The conversion of the natives at first went but slowly and with difficulty; but they gradually discovered that the missionaries were in reality great angekoks, and that their ceremonies, such as baptism, their doctrines and formulas, the Christian books, and so forth, were magical appliances, potent for curing disease, protecting against want, and ensuring good fishery and other advantages; not to mention that conversion and a little appearance of contrition often bore immediate fruits in the shape of small rewards from the eager missionaries. Accordingly they said of them: ‘They are good people, they gave us food when we believed and looked sorrowful.’ A father whose son was dangerously ill, after having had recourse to various angekoks, took counsel with an old and experienced one ‘as to whether he should not seek help from the priest at the Colony;’ whereupon the old man calmly answered: ‘You may do as you please; for I am of opinion that the Word of God and the words of skilful angekoks are equally powerful.’ This gradually became the general opinion; and as it fortunately chanced in several cases that the Word of God seemed more effectual than that of the angekoks, it was natural that some should let themselves be baptised. The example once given, there were plenty to follow it, especially when distinguished hunters led the way.

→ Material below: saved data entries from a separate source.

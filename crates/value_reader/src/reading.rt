//! Whole texts: a value, and the arguments of a call.

ghost use Rattle.std.specs.Prelude.{◌≡◌, map, IfOk};
ghost use Rattle.value_reader.specs.Reads.{MayRead, MayMake, Answers};
ghost use Rattle.value_reader.specs.Values as values;

use crate::fault::NoText;
use crate::text::Text;
use crate::values::{skip_separator, value_at};
use faults::{Memory, MemoryOr};
use std::alloc::Global;
use syntax_trees::{Param, Seq, ValType, Value, Values};

/// What was read, or none where the text is not one of those that are asked for.
fn if_text<T>(read: Result<T, MemoryOr<NoText>>) -> Result<Option<T>, Memory>
    ensures { Answers read result }
{
    match read {
        Ok(value) => Ok(Some(value)),
        Err(MemoryOr::Fault(_)) => Ok(None),
        Err(MemoryOr::Memory) => Err(Memory),
    }
}

/// Reads a value that is the whole text.
fn whole_value(alloc: Global, text: &[u8], val_type: &ValType) -> Result<Value, MemoryOr<NoText>>
    ensures { MayMake (values.read_value val_type.now text.now) result }
{
    let mut text = Text::of(text);
    text.skip_blanks();
    let value = value_at(alloc, val_type, &mut text)?;
    text.skip_blanks();
    if text.is_empty() {
        Ok(value)
    } else {
        Err(MemoryOr::Fault(NoText))
    }
}

/// Reads values of the types of parameters, and the parenthesis that closes them.
fn params_at(
    alloc: Global,
    params: &[Param],
    text: &mut Text<'_>,
) -> Result<Values, MemoryOr<NoText>>
    ensures { MayRead (values.values_at 41 (map values.reader (map (λ p. p.val_type) params.now)) text.old) text.new result }
{
    let mut values = Seq::new(alloc);
    for param in params {
        skip_separator(&values, text)?;
        text.skip_blanks();
        let value = value_at(alloc, param.val_type.get(), text)?;
        values.push(value)?;
    }
    text.mark(b')')?;
    Ok(values)
}

/// Reads arguments that are the whole text.
fn whole_arguments(alloc: Global, text: &[u8], params: &[Param]) -> Result<Values, MemoryOr<NoText>>
    ensures { MayMake (values.arguments (map (λ p. p.val_type) params.now) text.now) result }
{
    let mut text = Text::of(text);
    text.mark(b'(')?;
    let values = params_at(alloc, params, &mut text)?;
    if text.is_empty() {
        Ok(values)
    } else {
        Err(MemoryOr::Fault(NoText))
    }
}

/// The value of a type that a text stands for, or none where the text is no text of such a value: `{a: 1, b: "x"}`,
/// `some('c')`, `[1, 2]`. Spaces and tabs may stand between the parts of the text and at both its ends. Handles and the ends
/// of streams and futures have no text (`has_host_type`). It fails for want of memory alone; that is also the answer where a
/// label is that of a case whose number is 2^32 or more.
pub fn read_value(alloc: Global, text: &[u8], val_type: &ValType) -> Result<Option<Value>, Memory>
    ensures { IfOk result (λ value. value ≡ values.read_value val_type.now text.now) }
{
    if_text(whole_value(alloc, text, val_type))
}

/// The arguments that a text stands for, or none where it is no text of such arguments: values of the types of these
/// parameters in parentheses, with commas between them, as `(1, "x")`. Spaces and tabs may stand between the parts of the
/// text, and nothing behind its last parenthesis. It fails for want of memory alone, as `read_value`.
pub fn read_arguments(
    alloc: Global,
    text: &[u8],
    params: &[Param],
) -> Result<Option<Values>, Memory>
    ensures { IfOk result (λ all. all ≡ values.arguments (map (λ p. p.val_type) params.now) text.now) }
{
    if_text(whole_arguments(alloc, text, params))
}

But if the Greenlanders nominally went over to Christianity, they held, and still hold in a greater or less degree, to their old faith as well. It was at first very difficult to convince them of the falsity of the grotesque inventions of their angekoks. When they were reproached with their credulity they answered simply ‘that they were not in the habit of lying and therefore believed all that people said to them.’

That they were not absolutely simple-minded, however, in their acceptance of all that the Europeans told them, seems clear from this, amongst other things, that when some Greenlanders could not get Niels Egede to swallow their assertion that ‘they had killed a bear on Disco which was so big that it had ice on its back that never melted,’ they said: ‘We have believed what you tell us, but you will not believe what we tell you.’

To show what a little way below the surface Christianity has gone, and how some of them, at any rate, still understand baptism, I may mention that some years ago in North Greenland a catechist (a man who has received a theological education, and supplies the place of the clergyman in his absence) baptised not only his parishioners, but also his puppies in the name of the Father, the Son, &c. His wife was childless, and he took this means, as he thought, of setting matters right; and, sure enough, next year she bore a child.